Monitoring important places for birds through eBird Canada

It’s a chilly Saturday morning in November (and December, January, February, March, and April). Twenty or so dedicated volunteers are freezing their finger-tips and getting windswept faces as they diligently scan the landscape through binoculars and scopes. What has brought them to these brisk shores? They are fulfilling the important mission of monitoring waterfowl and other birds in the West End of Lake Ontario Important Bird and Biodiversity Area.

What is an “IBA”?

The Important Bird and Biodiversity Areas Program aims to identify, monitor, and conserve the world’s most essential habitat for birds and other wildlife. The program is led by BirdLife International. Over 12,000 IBAs have been identified in 120 countries forming the world’s largest network of sites for biodiversity.

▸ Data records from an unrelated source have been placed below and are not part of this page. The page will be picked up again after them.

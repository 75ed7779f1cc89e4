ghost use Rattle.std.specs.Prelude.{◌≡◌};
ghost use Rattle.cs_report.specs.Dates.{minute_of, day_of};

use cs_civil::{Day, Minute, read_day, read_minute};

pub(crate) fn minute_of(text: &[u8]) -> Option<Minute>
    ensures { result ≡ minute_of text.now }
{
    read_minute(text).ok()
}

pub(crate) fn day_of(text: &[u8]) -> Option<Day>
    ensures { result ≡ day_of text.now }
{
    read_day(text).ok()
}
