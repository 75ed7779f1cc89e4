//! Answers the table of faults of tables and declarations, row after row.
ghost use Rattle.std.specs.Prelude.{◌≡◌, IfOk, option_map};
ghost use Rattle.cs_decl.specs.Faults.{first_fault};
ghost use Rattle.cs_decl.specs.Join.{at_job, lineless, misquoted, ambiguous, named_twice};
ghost use Rattle.cs_plan.specs.Reboot.{at_line};
ghost use Rattle.cs_decl.specs.Join.{naming_faults, undeclared, mistimed};

use crate::entries::Entries;
use crate::lookups::{first_undeclared, first_undeclared_job, jobless};
use crate::naming::{
    ambiguous, ambiguous_cron, cron_numbers, left_out_numbers, lineless, lineless_cron, mistimed,
    mistimed_cron, other, other_cron,
};
use crate::twice::twice_number;
use cs_anacrontab::Job as JobLine;
use cs_civil::{Bytes, Sequence};
use cs_crontab::Line;
use cs_plan::{DeclFault, Found, Place, at_line, first_reboot};
use std::alloc::{AllocError, Global};

fn at_job(
    alloc: Global,
    fault: DeclFault,
    line: Option<&JobLine>,
) -> Result<Option<Found>, AllocError>
    ensures { IfOk result (λ f. f ≡ at_job fault (option_map (λ l. l.now) line.entry)) }
{
    match line {
        Some(line) => {
            let identifier = Bytes::from_slice(alloc, line.identifier())?;
            Ok(Some((fault, Some(Place::Job(identifier)))))
        }
        None => Ok(None),
    }
}

#[tactic(auto, unfolding(crate::specs::Join::lineless))]
fn lineless_fault(lines: &[Line], jobs: &[JobLine], entries: &Entries) -> Option<Found>
    ensures { result ≡ first_fault (lineless lines.now jobs.now entries.now) }
{
    if let Some(i) = lineless_cron(entries.cron.as_slice(), lines) {
        return Some((DeclFault::NoSuchLine, Some(Place::Cron(i))));
    }
    if let Some(i) = jobless(entries.anacron.as_slice(), jobs) {
        return Some((DeclFault::NoSuchLine, Some(Place::Anacron(i))));
    }
    if let Some(i) = lineless(entries.left_out.as_slice(), lines) {
        return Some((DeclFault::NoSuchLine, Some(Place::LeftOut(i))));
    }
    None
}

#[tactic(auto, unfolding(crate::specs::Join::misquoted))]
fn misquoted_fault(lines: &[Line], entries: &Entries) -> Option<Found>
    ensures { result ≡ first_fault (misquoted lines.now entries.now) }
{
    if let Some(i) = other_cron(entries.cron.as_slice(), lines) {
        return Some((DeclFault::OtherCommand, Some(Place::Cron(i))));
    }
    if let Some(i) = other(entries.left_out.as_slice(), lines) {
        return Some((DeclFault::OtherCommand, Some(Place::LeftOut(i))));
    }
    None
}

#[tactic(auto, unfolding(crate::specs::Join::ambiguous))]
fn ambiguous_fault(lines: &[Line], entries: &Entries) -> Option<Found>
    ensures { result ≡ first_fault (ambiguous lines.now entries.now) }
{
    if let Some(i) = ambiguous_cron(entries.cron.as_slice(), lines) {
        return Some((DeclFault::AmbiguousCommand, Some(Place::Cron(i))));
    }
    if let Some(i) = ambiguous(entries.left_out.as_slice(), lines) {
        return Some((DeclFault::AmbiguousCommand, Some(Place::LeftOut(i))));
    }
    None
}

#[tactic(auto, unfolding(crate::specs::Join::named_twice))]
fn twice_fault(
    alloc: Global,
    lines: &[Line],
    entries: &Entries,
) -> Result<Option<Found>, AllocError>
    ensures { IfOk result (λ f. f ≡ first_fault (named_twice lines.now entries.now)) }
{
    let none = Sequence::new(alloc);
    let cron = cron_numbers(alloc, lines, entries)?;
    if let Some(i) = twice_number(alloc, none.as_slice(), cron.as_slice())? {
        return Ok(Some((DeclFault::TwiceDeclared, Some(Place::Cron(i)))));
    }
    let left_out = left_out_numbers(alloc, lines, entries)?;
    if let Some(i) = twice_number(alloc, cron.as_slice(), left_out.as_slice())? {
        return Ok(Some((DeclFault::TwiceDeclared, Some(Place::LeftOut(i)))));
    }
    Ok(None)
}

#[tactic(auto, using(crate::proofs::Order::in_front, crate::proofs::Order::behind))]
pub(crate) fn naming_fault(
    alloc: Global,
    lines: &[Line],
    jobs: &[JobLine],
    entries: &Entries,
) -> Result<Option<Found>, AllocError>
    ensures { IfOk result
        (λ f. f ≡ first_fault (naming_faults lines.now jobs.now entries.now)) }
{
    if let Some(found) = lineless_fault(lines, jobs, entries) {
        return Ok(Some(found));
    }
    if let Some(found) = misquoted_fault(lines, entries) {
        return Ok(Some(found));
    }
    if let Some(found) = ambiguous_fault(lines, entries) {
        return Ok(Some(found));
    }
    twice_fault(alloc, lines, entries)
}

#[tactic(auto, unfolding(crate::specs::Join::mistimed))]
pub(crate) fn mistimed_fault(lines: &[Line], entries: &Entries) -> Option<Found>
    ensures { result ≡ first_fault (mistimed lines.now entries.now) }
{
    if let Some(i) = mistimed_cron(entries.cron.as_slice(), lines) {
        return Some((DeclFault::OtherSchedule, Some(Place::Cron(i))));
    }
    if let Some(i) = mistimed(entries.left_out.as_slice(), lines) {
        return Some((DeclFault::OtherSchedule, Some(Place::LeftOut(i))));
    }
    None
}

#[tactic(auto, unfolding(crate::specs::Join::undeclared))]
pub(crate) fn undeclared_fault(
    alloc: Global,
    lines: &[Line],
    jobs: &[JobLine],
    entries: &Entries,
) -> Result<Option<Found>, AllocError>
    ensures { IfOk result (λ f. f ≡ first_fault (undeclared lines.now jobs.now entries.now)) }
{
    if let Some(line) = first_undeclared(entries, lines) {
        return Ok(at_line(DeclFault::Undeclared, Some(line)));
    }
    if let Some(line) = first_undeclared_job(entries, jobs) {
        return at_job(alloc, DeclFault::Undeclared, Some(line));
    }
    Ok(at_line(DeclFault::RebootLine, first_reboot(lines)))
}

Six hundred sites in Canada have been designated as IBAs as they host large congregations of birds (comprising 1% or more of a species’ continental or global population), and/or for Species at Risk. An example of a congregation is the more than 10,000 Long-tailed Ducks (1% of the population in Canada and the U.S.) that regularly depend on the West End of Lake Ontario IBA in the winter. In the last ten years, as many as 56,851 Long-tailed Ducks have been counted in the IBA in a single day!

Capturing and visualizing bird data

Monitoring populations of trigger species (ones for which the IBA designation was made) at each IBA is vital for conservation planning, and ultimately preserving birds and their habitat. Volunteering with the IBA Canada Program is a great opportunity to get outside, and the West End of Lake Ontario is an example of an IBA where excellent birding can be enjoyed through the winter. The main goal of volunteers at this site is to maintain up-to-date records of waterfowl counts.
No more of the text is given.